AIM OF THE EXERCISE:
In the records below, find the line that contains "pace.rest(rt);" and the line that contains "there is a turn", then retype exactly those two lines and every line between them.

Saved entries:
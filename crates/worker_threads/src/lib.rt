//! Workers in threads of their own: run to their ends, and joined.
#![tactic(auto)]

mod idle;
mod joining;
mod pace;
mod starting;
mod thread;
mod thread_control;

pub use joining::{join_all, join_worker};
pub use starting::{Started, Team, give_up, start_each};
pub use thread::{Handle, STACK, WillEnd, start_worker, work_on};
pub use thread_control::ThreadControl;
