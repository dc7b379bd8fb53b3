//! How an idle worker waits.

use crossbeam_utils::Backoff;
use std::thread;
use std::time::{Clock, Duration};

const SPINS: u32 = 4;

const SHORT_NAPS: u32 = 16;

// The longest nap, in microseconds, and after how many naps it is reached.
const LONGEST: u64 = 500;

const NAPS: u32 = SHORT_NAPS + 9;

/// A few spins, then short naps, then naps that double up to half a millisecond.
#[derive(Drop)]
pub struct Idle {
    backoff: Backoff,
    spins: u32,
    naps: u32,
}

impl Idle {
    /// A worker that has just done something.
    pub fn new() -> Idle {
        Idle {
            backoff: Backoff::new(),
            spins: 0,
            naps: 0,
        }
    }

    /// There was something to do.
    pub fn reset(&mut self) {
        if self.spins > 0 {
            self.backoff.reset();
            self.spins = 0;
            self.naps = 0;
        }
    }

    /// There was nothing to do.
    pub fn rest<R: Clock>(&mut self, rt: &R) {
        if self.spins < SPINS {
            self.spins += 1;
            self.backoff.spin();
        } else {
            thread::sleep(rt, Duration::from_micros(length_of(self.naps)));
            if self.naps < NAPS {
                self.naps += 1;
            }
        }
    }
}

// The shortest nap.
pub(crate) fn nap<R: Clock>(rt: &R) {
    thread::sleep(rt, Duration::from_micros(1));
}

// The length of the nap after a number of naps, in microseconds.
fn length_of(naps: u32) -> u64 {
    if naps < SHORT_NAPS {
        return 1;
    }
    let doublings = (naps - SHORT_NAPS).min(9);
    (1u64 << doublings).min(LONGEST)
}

...

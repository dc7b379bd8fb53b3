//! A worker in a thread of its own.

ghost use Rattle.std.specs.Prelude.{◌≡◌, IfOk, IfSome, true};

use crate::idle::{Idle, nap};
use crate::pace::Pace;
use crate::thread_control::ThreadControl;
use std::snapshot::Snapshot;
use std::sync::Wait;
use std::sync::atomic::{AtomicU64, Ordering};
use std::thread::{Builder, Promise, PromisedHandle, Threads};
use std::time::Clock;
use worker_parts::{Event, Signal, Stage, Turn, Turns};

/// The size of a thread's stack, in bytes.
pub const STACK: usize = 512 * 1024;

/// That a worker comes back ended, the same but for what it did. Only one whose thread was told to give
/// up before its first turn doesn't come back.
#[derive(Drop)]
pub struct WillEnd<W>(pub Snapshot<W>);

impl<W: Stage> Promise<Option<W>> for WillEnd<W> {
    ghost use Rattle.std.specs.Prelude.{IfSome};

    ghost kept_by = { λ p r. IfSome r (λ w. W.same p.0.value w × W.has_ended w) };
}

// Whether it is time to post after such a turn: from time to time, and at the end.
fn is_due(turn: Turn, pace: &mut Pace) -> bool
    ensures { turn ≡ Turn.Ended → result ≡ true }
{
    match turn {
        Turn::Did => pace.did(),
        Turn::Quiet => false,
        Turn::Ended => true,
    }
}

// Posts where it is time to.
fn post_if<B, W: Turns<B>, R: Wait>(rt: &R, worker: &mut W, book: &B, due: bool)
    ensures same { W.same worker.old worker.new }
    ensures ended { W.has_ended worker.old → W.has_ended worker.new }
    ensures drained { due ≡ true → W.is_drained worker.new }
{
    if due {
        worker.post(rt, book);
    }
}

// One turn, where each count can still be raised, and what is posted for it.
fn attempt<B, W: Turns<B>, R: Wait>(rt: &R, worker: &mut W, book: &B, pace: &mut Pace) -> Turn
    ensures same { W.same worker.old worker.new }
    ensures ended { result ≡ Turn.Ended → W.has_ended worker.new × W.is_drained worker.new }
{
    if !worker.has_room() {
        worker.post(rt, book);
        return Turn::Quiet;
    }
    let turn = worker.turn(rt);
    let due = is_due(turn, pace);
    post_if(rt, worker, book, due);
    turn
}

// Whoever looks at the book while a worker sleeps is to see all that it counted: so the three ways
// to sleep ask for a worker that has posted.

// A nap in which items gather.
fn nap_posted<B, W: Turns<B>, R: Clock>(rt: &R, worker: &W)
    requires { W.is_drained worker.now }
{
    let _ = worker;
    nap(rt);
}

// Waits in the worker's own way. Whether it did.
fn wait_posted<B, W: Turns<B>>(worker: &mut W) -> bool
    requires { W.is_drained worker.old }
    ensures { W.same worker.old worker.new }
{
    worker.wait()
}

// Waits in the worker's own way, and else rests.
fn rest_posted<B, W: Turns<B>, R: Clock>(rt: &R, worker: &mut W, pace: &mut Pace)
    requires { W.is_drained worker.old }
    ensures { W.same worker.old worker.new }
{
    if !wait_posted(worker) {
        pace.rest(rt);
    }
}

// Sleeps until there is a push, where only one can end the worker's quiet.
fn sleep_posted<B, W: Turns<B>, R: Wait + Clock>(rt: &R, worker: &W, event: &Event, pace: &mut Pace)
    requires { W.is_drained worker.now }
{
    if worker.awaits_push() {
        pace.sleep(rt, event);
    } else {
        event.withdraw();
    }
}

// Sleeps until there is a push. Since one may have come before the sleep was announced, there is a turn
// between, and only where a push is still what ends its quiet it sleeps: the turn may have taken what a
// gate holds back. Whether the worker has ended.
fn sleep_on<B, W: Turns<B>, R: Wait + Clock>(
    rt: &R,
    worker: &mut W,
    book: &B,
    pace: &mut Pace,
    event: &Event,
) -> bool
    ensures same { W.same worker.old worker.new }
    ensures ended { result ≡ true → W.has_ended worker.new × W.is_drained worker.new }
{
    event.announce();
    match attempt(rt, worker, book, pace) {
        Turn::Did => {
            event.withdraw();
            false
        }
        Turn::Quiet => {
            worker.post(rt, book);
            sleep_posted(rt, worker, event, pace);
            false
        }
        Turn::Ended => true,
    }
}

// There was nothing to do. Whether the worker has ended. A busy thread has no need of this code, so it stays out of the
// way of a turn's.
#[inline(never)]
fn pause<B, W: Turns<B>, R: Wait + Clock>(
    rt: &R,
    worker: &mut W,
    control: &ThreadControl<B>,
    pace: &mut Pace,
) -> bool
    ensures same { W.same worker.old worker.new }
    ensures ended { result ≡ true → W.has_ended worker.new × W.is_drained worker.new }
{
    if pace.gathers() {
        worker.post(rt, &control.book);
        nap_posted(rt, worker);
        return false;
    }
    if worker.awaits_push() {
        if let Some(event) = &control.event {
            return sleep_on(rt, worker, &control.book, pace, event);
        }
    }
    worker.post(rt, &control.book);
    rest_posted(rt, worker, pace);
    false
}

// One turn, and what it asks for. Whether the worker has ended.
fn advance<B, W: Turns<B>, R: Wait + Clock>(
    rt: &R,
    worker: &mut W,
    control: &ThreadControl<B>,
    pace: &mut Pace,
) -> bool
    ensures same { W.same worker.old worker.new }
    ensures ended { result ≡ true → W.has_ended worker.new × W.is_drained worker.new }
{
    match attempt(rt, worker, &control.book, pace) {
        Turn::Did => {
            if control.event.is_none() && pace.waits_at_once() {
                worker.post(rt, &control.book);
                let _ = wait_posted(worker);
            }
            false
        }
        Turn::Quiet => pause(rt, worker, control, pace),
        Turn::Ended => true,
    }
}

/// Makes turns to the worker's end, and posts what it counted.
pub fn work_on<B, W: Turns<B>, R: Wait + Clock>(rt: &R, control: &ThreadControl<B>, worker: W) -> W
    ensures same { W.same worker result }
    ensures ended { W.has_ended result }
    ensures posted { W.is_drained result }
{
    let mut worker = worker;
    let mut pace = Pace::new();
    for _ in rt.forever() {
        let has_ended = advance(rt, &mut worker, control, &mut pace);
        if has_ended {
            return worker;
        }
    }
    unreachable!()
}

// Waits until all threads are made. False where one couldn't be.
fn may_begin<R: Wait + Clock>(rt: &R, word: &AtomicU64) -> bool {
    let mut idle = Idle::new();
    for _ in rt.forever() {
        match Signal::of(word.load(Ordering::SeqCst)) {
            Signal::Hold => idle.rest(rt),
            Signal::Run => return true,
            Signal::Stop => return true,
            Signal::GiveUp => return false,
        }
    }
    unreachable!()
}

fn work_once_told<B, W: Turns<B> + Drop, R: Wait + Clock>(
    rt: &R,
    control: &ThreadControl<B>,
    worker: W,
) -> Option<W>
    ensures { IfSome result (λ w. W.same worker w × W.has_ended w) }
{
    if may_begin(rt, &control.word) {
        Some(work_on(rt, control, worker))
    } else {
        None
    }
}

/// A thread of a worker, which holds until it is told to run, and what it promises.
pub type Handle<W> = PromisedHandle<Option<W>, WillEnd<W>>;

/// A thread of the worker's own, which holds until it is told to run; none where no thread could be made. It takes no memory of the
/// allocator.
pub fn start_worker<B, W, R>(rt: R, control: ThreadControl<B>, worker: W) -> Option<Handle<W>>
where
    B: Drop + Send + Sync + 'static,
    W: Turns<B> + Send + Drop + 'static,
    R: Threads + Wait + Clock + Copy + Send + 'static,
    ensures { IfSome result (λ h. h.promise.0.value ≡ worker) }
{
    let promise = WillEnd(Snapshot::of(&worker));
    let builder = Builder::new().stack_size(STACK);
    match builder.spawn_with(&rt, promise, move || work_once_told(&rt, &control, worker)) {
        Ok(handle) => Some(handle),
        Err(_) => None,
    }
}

==

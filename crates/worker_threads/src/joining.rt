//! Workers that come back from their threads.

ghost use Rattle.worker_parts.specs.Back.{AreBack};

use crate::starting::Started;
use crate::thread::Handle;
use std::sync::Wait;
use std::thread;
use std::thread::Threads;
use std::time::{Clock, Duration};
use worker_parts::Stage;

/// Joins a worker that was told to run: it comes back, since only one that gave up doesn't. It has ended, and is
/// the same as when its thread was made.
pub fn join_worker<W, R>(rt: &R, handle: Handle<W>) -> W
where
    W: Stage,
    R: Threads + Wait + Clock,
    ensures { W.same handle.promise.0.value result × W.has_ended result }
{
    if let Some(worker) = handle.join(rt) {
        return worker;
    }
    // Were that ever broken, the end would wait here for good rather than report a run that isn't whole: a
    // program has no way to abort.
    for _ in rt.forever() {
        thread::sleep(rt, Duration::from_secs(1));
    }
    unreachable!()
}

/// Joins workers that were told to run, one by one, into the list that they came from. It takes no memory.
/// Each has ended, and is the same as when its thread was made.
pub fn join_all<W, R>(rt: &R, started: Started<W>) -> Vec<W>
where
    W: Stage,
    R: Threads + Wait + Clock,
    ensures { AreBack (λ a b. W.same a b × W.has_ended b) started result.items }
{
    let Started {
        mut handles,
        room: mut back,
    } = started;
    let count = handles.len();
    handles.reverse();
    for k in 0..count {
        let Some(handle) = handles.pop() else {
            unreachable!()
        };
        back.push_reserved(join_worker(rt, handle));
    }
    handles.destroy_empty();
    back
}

RESPONSE BOX:
        pace.rest(rt);
    }
}

// Sleeps until there is a push, where only one can end the worker's quiet.
fn sleep_posted<B, W: Turns<B>, R: Wait + Clock>(rt: &R, worker: &W, event: &Event, pace: &mut Pace)
    requires { W.is_drained worker.now }
{
    if worker.awaits_push() {
        pace.sleep(rt, event);
    } else {
        event.withdraw();
    }
}

// Sleeps until there is a push. Since one may have come before the sleep was announced, there is a turn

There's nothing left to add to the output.